A culpa não é da Internet
“A vossa guerra virtual na Internet causará uma guerra real que recairá em cima das vossas cabeças” [mensagem do Estado Islâmico aos responsáveis pelo Twitter]
O grupo terrorista Estado Islâmico tem declarado guerra ao Twitter. A cada conta fechada (o Twitter fecha todas as contas que consegue identificar como pertencentes ao grupo terrorista) uma nova ameaça é feita à empresa.
Muitos defendem que as grandes empresas de Internet, que administram essas redes sociais (Facebook, Google, Twitter, etc.), assumam a responsabilidade em filtrar o que pode ou não ser postado na rede.
A esse respeito, o presidente executivo da Google, Eric Schmidt publicou um artigo no The New York Times, tratando exatamente sobre bem e o mal veiculado pela Internet.
Para Schmidt, a Internet seria um mundo onde “qualquer pessoa, em qualquer lugar, poderia expressar as suas crenças, independentemente de quão singulares estas se afigurassem, sem medo de serem coagidos ao silêncio ou à conformidade“.
Todavia, no meio do artigo assinado pelo presidente da Google, o mesmo admite que ao permitir a veiculação das piores características da humanidade – sob a forma de inveja, opressão ou ódio – cabe aos líderes, sejam eles governamentais, da sociedade e das empresas de tecnologia, impedir que a Internet se transforme num veículo que reforce “o poder das pessoas erradas e das vozes erradas”.
No mesmo artigo, Schmidt defende a construção de “ferramentas” que ajudem a diminuir as tensões crescentes nas mídias sociais – “uma espécie de verificador ortográfico, mas para o ódio e para a intimidação”.
Como fica a liberdade de expressão
Porém, o que parece uma proposta para o bem, ela não é aceita com tranquilidade pelos defensores da liberdade de expressão na Internet.
Não porque defendam os assassinos do Estado Islâmico.
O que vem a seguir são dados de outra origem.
//! Completion entries of 32 bytes, those of either size, and what all have in common.

ghost use Rattle.std.specs.Prelude.{◌≡◌};
ghost use Rattle.uring_large.specs.Numbers.{large_completion_numbered};

pub use crate::completion_marker::{EntryMarker, SETUP_CQE32};
pub use crate::mixed_completion::MixedCompletion;
pub use uring_base::cqueue::Entry;

/// A completion entry of 32 bytes: the words of a small one, and two numbers of the operation's
/// own behind them.
#[derive(Clone, Copy, PartialEq, Eq, Debug)]
pub struct Entry32 {
    pub entry: Entry,
    pub big: [u64; 2],
}

/// The small entry of a large one, without its two further numbers.
impl From<Entry32> for Entry {
    ghost from_gives = { λ large entry. entry ≡ large.entry };

    fn from(large: Entry32) -> Entry {
        large.entry
    }
}

impl Entry32 {
    /// The entry of these words.
    pub fn from_parts(user_data: u64, outcome: i32, flags: u32, big: [u64; 2]) -> Entry32
        ensures { result ≡ record { entry = record { user_data = user_data; result = outcome; flags = flags }; big = big } }
    {
        Entry32 {
            entry: Entry {
                user_data,
                result: outcome,
                flags,
            },
            big,
        }
    }

    /// The operation's result: a count or number, or an errno below 0.
    pub fn result(&self) -> i32
        ensures { result ≡ self.now.entry.result }
    {
        self.entry.result
    }

    /// The number that the submission entry carried.
    pub fn user_data(&self) -> u64
        ensures { result ≡ self.now.entry.user_data }
    {
        self.entry.user_data
    }

    /// Changes the number alone.
    pub fn set_user_data(&mut self, user_data: u64)
        ensures { self.new ≡ large_completion_numbered self.old user_data }
    {
        self.entry.user_data = user_data;
    }

    /// The completion's flags.
    pub fn flags(&self) -> u32
        ensures { result ≡ self.now.entry.flags }
    {
        self.entry.flags
    }

    /// The two further numbers, whose meaning is the operation's own.
    pub fn big_cqe(&self) -> &[u64; 2]
        ensures { result.now ≡ self.now.big }
    {
        &self.big
    }
}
Ou qualquer outro grupo de ódio. Mas porque este algoritmo defendido pelo presidente do Google se transformaria num “juiz” sem qualquer noção de perspectiva ou equilíbrio e moralmente ambíguo.
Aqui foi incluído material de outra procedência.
use crate::tests::helpers::{assert_in_flight, engine_of, start_nop};
use rent_engine::{CancelHandle, Engine, StartFault};
use std::alloc::Global;
use std::process::Abort;
use uring_ring::IoUring;

/// Starts three operations, of numbers 0 to 2.
fn start_three(rt: &impl Abort, alloc: Global, engine: &mut Engine<IoUring>) {
    for number in 0..3 {
        start_nop(rt, alloc, engine, number);
    }
}

/// Joins numbers 0 and 2 to a new handle.
fn join_two(rt: &impl Abort, alloc: Global, engine: &mut Engine<IoUring>) -> CancelHandle {
    let handle = engine.new_handle(alloc).expect(rt, "memory");
    assert!(rt; engine.join_handle(alloc, handle, 2).is_ok());
    assert!(rt; engine.join_handle(alloc, handle, 0).is_ok());
    handle
}

/// Each call that can find no memory answers otherwise where there is memory: a cancel is started
/// for each operation that is joined to the handle.
#[test]
fn each_call_of_handles(rt: HostRuntime) {
    let alloc = rt.alloc();
    let mut engine = engine_of(&rt, alloc, 8);
    start_three(&rt, alloc, &mut engine);
    with_room(&rt, alloc, &mut engine);
}

fn with_room(rt: &impl Abort, alloc: Global, engine: &mut Engine<IoUring>) {
    let handle = join_two(rt, alloc, engine);
    assert!(rt; matches!(engine.cancel_handle(alloc, handle), Ok(2)));
    assert!(rt; engine.is_canceled(handle));
    assert_in_flight(rt, engine, 5);
    assert_eq!(rt; engine.fresh(), 5);
}

/// Where the ring has room for one of two, nothing is canceled.
#[test]
fn too_little_room(rt: HostRuntime) {
    let alloc = rt.alloc();
    let mut engine = engine_of(&rt, alloc, 4);
    start_three(&rt, alloc, &mut engine);
    with_room_for_one(&rt, alloc, &mut engine);
}

fn has_no_room(canceled: Result<u32, StartFault>) -> bool {
    matches!(canceled, Err(StartFault::RingFull(None)))
}

fn with_room_for_one(rt: &impl Abort, alloc: Global, engine: &mut Engine<IoUring>) {
    let handle = join_two(rt, alloc, engine);
    assert!(rt; has_no_room(engine.cancel_handle(alloc, handle)));
    assert!(rt; !engine.is_canceled(handle));
    assert_in_flight(rt, engine, 3);
}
Tudo porque o tipo de sistema apresentado como uma possível solução para “limpar” o ódio na Internet, quando nas mãos de governos ou empresas de tecnologia poderosas, teria o poder de definir o que é “bom” ou “moralmente aceitável” e isso, sim, é um ataque à liberdade de expressão.
Seja no mundo virtual, seja no real, a crise de valores que há tanto tempo se instalou na sociedade, parece persistir e ganhar força constante
No mundo virtual, a Internet pode e deve também contribuir para acabar com o pânico e com o incitamento ao ódio. Para isto, basta ela apostar naquilo que constituem também os seus princípios por excelência:
- a criação de uma comunidade de cidadãos do mundo informados e tolerantes.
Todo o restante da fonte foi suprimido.